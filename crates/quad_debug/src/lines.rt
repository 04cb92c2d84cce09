// The lines that a debugger writes.

ghost use Rattle.std.specs.Prelude.{◌≡◌, ◌<◌, OnOk, OnErr};
ghost use Rattle.std.specs.List.{flat_map};
ghost use Rattle.hum_outside.specs.Outside.{HasCause, AppendsFront, appended};
ghost use Rattle.quad_debug.specs.Texts as spec;

use crate::command::Place;
use cap_words::{Quad, Word};
use event_queue::Queue;
use failure_lines::put_failure;
use hum_outside::{Failed, Sink, put_all, put_parts};
use instr_table::Quota;
use itoa::Buffer;
use vm_turn::{Entry, Outcome};

/// The name of a kind.
pub fn kind_name(kind: Quota) -> &'static [u8]
    ensures { result.now ≡ spec.kind_name kind }
{
    match kind {
        Quota::Memory => b"memory",
        Quota::Events => b"events",
        Quota::Cycles => b"cycles",
    }
}

// Writes the line of an event that committed.
fn put_committed<K: Sink>(out: &mut K, message: u32) -> Result<(), Failed>
    ensures all { OnOk result (K.written out.new ≡ appended (K.written out.old) (spec.committed_line message)) }
    ensures front { OnErr result (AppendsFront (K.written out.old) (K.written out.new) (spec.committed_line message)) }
    ensures cause { HasCause (K.faults out.old) (K.faults out.new) result }
{
    let mut number = Buffer::new();
    put_parts(
        out,
        &[
            b"* event ",
            number.format(message).as_bytes(),
            b" committed\n",
        ],
    )
}

// Writes the line of an event that failed.
fn put_failed<K: Sink>(out: &mut K, message: u32, reason: Word) -> Result<(), Failed>
    ensures all { OnOk result (K.written out.new ≡ appended (K.written out.old) (spec.failed_line message reason)) }
    ensures front { OnErr result (AppendsFront (K.written out.old) (K.written out.new) (spec.failed_line message reason)) }
    ensures cause { HasCause (K.faults out.old) (K.faults out.new) result }
{
    put_all(out, b"* ")?;
    put_failure(out, message, reason)
}

// Writes the line of an event whose sponsor ran out.
fn put_ran_out<K: Sink>(out: &mut K, message: u32, kind: Quota) -> Result<(), Failed>
    ensures all { OnOk result (K.written out.new ≡ appended (K.written out.old) (spec.ran_out_line message kind)) }
    ensures front { OnErr result (AppendsFront (K.written out.old) (K.written out.new) (spec.ran_out_line message kind)) }
    ensures cause { HasCause (K.faults out.old) (K.faults out.new) result }
{
    let mut number = Buffer::new();
    let message = number.format(message).as_bytes();
    put_parts(
        out,
        &[b"* event ", message, b" spent ", kind_name(kind), b"\n"],
    )
}

/// Writes the line of an entry.
pub fn put_event<K: Sink>(out: &mut K, entry: &Entry) -> Result<(), Failed>
    ensures all { OnOk result (K.written out.new ≡ appended (K.written out.old) (spec.event_line entry.now)) }
    ensures front { OnErr result (AppendsFront (K.written out.old) (K.written out.new) (spec.event_line entry.now)) }
    ensures cause { HasCause (K.faults out.old) (K.faults out.new) result }
{
    match entry.outcome {
        Outcome::Committed => put_committed(out, entry.message),
        Outcome::Failed(reason) => put_failed(out, entry.message, reason),
        Outcome::RanOut(kind) => put_ran_out(out, entry.message, kind),
    }
}

/// Writes the line of each entry, in order.
pub fn put_events<K: Sink>(out: &mut K, entries: &[Entry]) -> Result<(), Failed>
    ensures all { OnOk result (K.written out.new ≡ appended (K.written out.old) (spec.event_lines entries.now)) }
    ensures front { OnErr result (AppendsFront (K.written out.old) (K.written out.new) (spec.event_lines entries.now)) }
    ensures cause { HasCause (K.faults out.old) (K.faults out.new) result }
{
    for entry in entries {
        put_event(out, entry)?;
    }
    Ok(())
}

/// Writes how many turns are completed.
pub fn put_turns<K: Sink>(out: &mut K, turns: u64) -> Result<(), Failed>
    ensures all { OnOk result (K.written out.new ≡ appended (K.written out.old) (spec.turn_line turns)) }
    ensures front { OnErr result (AppendsFront (K.written out.old) (K.written out.new) (spec.turn_line turns)) }
    ensures cause { HasCause (K.faults out.old) (K.faults out.new) result }
{
    let mut number = Buffer::new();
    put_parts(out, &[b"* turn ", number.format(turns).as_bytes(), b"\n"])
}

/// Writes that a message is in flight.
pub fn put_flight<K: Sink>(out: &mut K, message: u32) -> Result<(), Failed>
    ensures all { OnOk result (K.written out.new ≡ appended (K.written out.old) (spec.flight_line message)) }
    ensures front { OnErr result (AppendsFront (K.written out.old) (K.written out.new) (spec.flight_line message)) }
    ensures cause { HasCause (K.faults out.old) (K.faults out.new) result }
{
    let mut number = Buffer::new();
    put_parts(
        out,
        &[b"* in flight ", number.format(message).as_bytes(), b"\n"],
    )
}

// Writes that a message is ready.
fn put_ready<K: Sink>(out: &mut K, message: u32) -> Result<(), Failed>
    ensures all { OnOk result (K.written out.new ≡ appended (K.written out.old) (spec.ready_line message)) }
    ensures front { OnErr result (AppendsFront (K.written out.old) (K.written out.new) (spec.ready_line message)) }
    ensures cause { HasCause (K.faults out.old) (K.faults out.new) result }
{
    let mut number = Buffer::new();
    put_parts(
        out,
        &[b"* ready ", number.format(message).as_bytes(), b"\n"],
    )
}

/// Writes that each ready message is, in order.
pub fn put_queue<K: Sink>(out: &mut K, queue: &Queue) -> Result<(), Failed>
    ensures all { OnOk result (K.written out.new ≡ appended (K.written out.old) (flat_map spec.ready_line queue.now.ready)) }
    ensures front { OnErr result (AppendsFront (K.written out.old) (K.written out.new) (flat_map spec.ready_line queue.now.ready)) }
    ensures cause { HasCause (K.faults out.old) (K.faults out.new) result }
{
    let _given = queue.given();
    let mut next = queue.next_ready(None);
    'ready: while let Some(message) = next {
        put_ready(out, message)?;
        next = queue.next_ready(Some(message));
    }
    Ok(())
}

fn hex_digit(digit: u32) -> u8
    requires { digit < 16 }
    ensures { result ≡ spec.hex_digit digit }
{
    if digit < 10 {
        b'0' + digit as u8
    } else {
        b'7' + digit as u8
    }
}

// A number in 8 hexadecimal digits.
#[tactic(auto, unfolding(crate::specs::Texts::hex_of))]
fn hex_of(bits: u32) -> [u8; 8]
    ensures { result ≡ spec.hex_of bits }
{
    [
        hex_digit(bits / 268_435_456 % 16),
        hex_digit(bits / 16_777_216 % 16),
        hex_digit(bits / 1_048_576 % 16),
        hex_digit(bits / 65_536 % 16),
        hex_digit(bits / 4_096 % 16),
        hex_digit(bits / 256 % 16),
        hex_digit(bits / 16 % 16),
        hex_digit(bits % 16),
    ]
}

fn memory_name(place: Place) -> &'static [u8]
    ensures { result.now ≡ spec.memory_name place }
{
    match place {
        Place::Rom(_) => b"rom",
        Place::Ram(_) => b"ram",
    }
}

fn place_number(place: Place) -> u32
    ensures { result ≡ spec.place_number place }
{
    match place {
        Place::Rom(number) => number,
        Place::Ram(number) => number,
    }
}

// Writes the line of a place that has no cell.
fn put_no_cell<K: Sink>(out: &mut K, place: Place) -> Result<(), Failed>
    ensures all { OnOk result (K.written out.new ≡ appended (K.written out.old) (spec.no_cell_line place)) }
    ensures front { OnErr result (AppendsFront (K.written out.old) (K.written out.new) (spec.no_cell_line place)) }
    ensures cause { HasCause (K.faults out.old) (K.faults out.new) result }
{
    let mut number = Buffer::new();
    let memory = memory_name(place);
    let number = number.format(place_number(place)).as_bytes();
    put_parts(out, &[b"* ", memory, b" ", number, b" none\n"])
}

// Writes the line of a place with the words of its cell.
fn put_words<K: Sink>(out: &mut K, place: Place, cell: Quad) -> Result<(), Failed>
    ensures all { OnOk result (K.written out.new ≡ appended (K.written out.old) (spec.words_line place cell)) }
    ensures front { OnErr result (AppendsFront (K.written out.old) (K.written out.new) (spec.words_line place cell)) }
    ensures cause { HasCause (K.faults out.old) (K.faults out.new) result }
{
    let mut number = Buffer::new();
    let memory = memory_name(place);
    let number = number.format(place_number(place)).as_bytes();
    let (t, x) = (hex_of(cell.t.bits()), hex_of(cell.x.bits()));
    let (y, z) = (hex_of(cell.y.bits()), hex_of(cell.z.bits()));
    put_parts(
        out,
        &[
            b"* ", memory, b" ", number, b" ", &t, b" ", &x, b" ", &y, b" ", &z, b"\n",
        ],
    )
}

/// Writes the line of a place, with the words of its cell, if it has one.
pub fn put_cell<K: Sink>(out: &mut K, place: Place, cell: Option<Quad>) -> Result<(), Failed>
    ensures all { OnOk result (K.written out.new ≡ appended (K.written out.old) (spec.cell_line place cell)) }
    ensures front { OnErr result (AppendsFront (K.written out.old) (K.written out.new) (spec.cell_line place cell)) }
    ensures cause { HasCause (K.faults out.old) (K.faults out.new) result }
{
    match cell {
        Some(cell) => put_words(out, place, cell),
        None => put_no_cell(out, place),
    }
}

→ DIRECTIONS FOR THIS TASK
Search the material for "reason" and copy each matching line.

→ TASK RESULT
fn put_failed<K: Sink>(out: &mut K, message: u32, reason: Word) -> Result<(), Failed>
    ensures all { OnOk result (K.written out.new ≡ appended (K.written out.old) (spec.failed_line message reason)) }
    ensures front { OnErr result (AppendsFront (K.written out.old) (K.written out.new) (spec.failed_line message reason)) }
    put_failure(out, message, reason)
        Outcome::Failed(reason) => put_failed(out, entry.message, reason),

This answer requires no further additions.